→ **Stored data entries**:
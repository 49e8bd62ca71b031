//! The flat tree of MLIR's generic textual form: what each part of a text is, and where it stands, read by one loop without recursion.
#![tactic(auto)]

mod fault;
mod parsing;
mod row;
mod sort;
mod text_step;
mod tree_laws;
mod tree_step;

pub use fault::{Fault, Wanted};
pub use parsing::{State, finish, parse, read_piece, start};
pub use row::{Part, Row, Span};
pub use sort::{Piece, Sort};
pub use text_step::{Bracket, TextKind};
pub use tree_step::{
    EntriesMode, LabelMode, Mode, OperandsMode, PartsMode, ResultsMode, TypesMode,
};

/// Laws of parsing.
pub mod laws {
    pub use crate::tree_laws::{
        one_tree_is_spelled, parsed_is_tree, rows_go_forward, tree_is_parsed,
    };
}
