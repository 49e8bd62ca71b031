//! Texts as saved data of the dialect Generic.
ghost use Rattle.std.specs.Prelude.{Some};
ghost use Rattle.std.proofs.Common.{refl};

use crate::generic::{Generic, GenericSaved};
use ir_base_dialects::SavedValue;

impl SavedValue<Generic> for GenericSaved {
    ghost KIND = { 0 };

    const KIND: u32 = 0;

    ghost saved_of = { λ text. text };

    ghost value_of = { Some };

    fn to_saved(self) -> GenericSaved {
        self
    }

    fn of_saved(saved: &GenericSaved) -> Option<&GenericSaved> {
        Some(saved)
    }

    ghost given_back = { λ a. refl };

    ghost of_kind = { λ x. refl };

    ghost equal_saved = { λ a b. refl };
}
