/// Where the reader is, in the results of an operation.
#[derive(Clone, Copy)]
pub enum ResultsMode {
    /// Behind a name.
    Behind,
    /// Before the number of results under that name.
    Count,
    /// Behind that number.
    Counted,
    /// Before a further name.
    Next,
    /// Before the operation's name.
    Name,
}

/// Where the reader is, in the operands of an operation.
#[derive(Clone, Copy)]
pub enum OperandsMode {
    /// Before the parenthesis.
    Open,
    /// Behind it.
    First,
    /// Behind a name.
    Behind,
    /// Behind the number of a result.
    Indexed,
    /// Before a further name.
    Next,
}

/// Where the reader is, between the operands of an operation and its attributes.
#[derive(Clone, Copy)]
pub enum PartsMode {
    /// Behind the operands.
    Operands,
    /// Before a successor.
    NextSuccessor,
    /// Behind a successor.
    Successor,
    /// Behind all successors.
    Successors,
    /// Behind the properties.
    Properties,
    /// Before a region.
    NextRegion,
    /// Behind a region.
    Region,
    /// Behind all regions.
    Regions,
}

/// Where the reader is, in the attributes of an operation.
#[derive(Clone, Copy)]
pub enum EntriesMode {
    /// Before the first key.
    First,
    /// Before a further key.
    Next,
    /// Behind a key.
    Key,
    /// Behind all attributes.
    Colon,
}

/// Where the reader is, in the types of an operation.
#[derive(Clone, Copy)]
pub enum TypesMode {
    /// Before the parenthesis.
    Open,
    /// Before the first operand's type.
    FirstOperand,
    /// Before the arrow.
    Arrow,
    /// Behind it.
    Results,
    /// Before the first result's type, in parentheses.
    FirstResult,
    /// Before the parenthesis of the location.
    Location,
}

/// Where the reader is, in the head of a block.
#[derive(Clone, Copy)]
pub enum LabelMode {
    /// Behind the block's name.
    Behind,
    /// Before the first argument.
    First,
    /// Before a further argument.
    Next,
    /// Behind an argument's name.
    Argument,
    /// Before the parenthesis of its location.
    Location,
    /// Behind its location.
    Located,
    /// Behind all arguments.
    End,
}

→ **Exercise details**: Each line in the records above that contains the word "refl" must be copied.

→ **Reply to the exercise**:
ghost use Rattle.std.proofs.Common.{refl};
    ghost given_back = { λ a. refl };
    ghost of_kind = { λ x. refl };
    ghost equal_saved = { λ a b. refl };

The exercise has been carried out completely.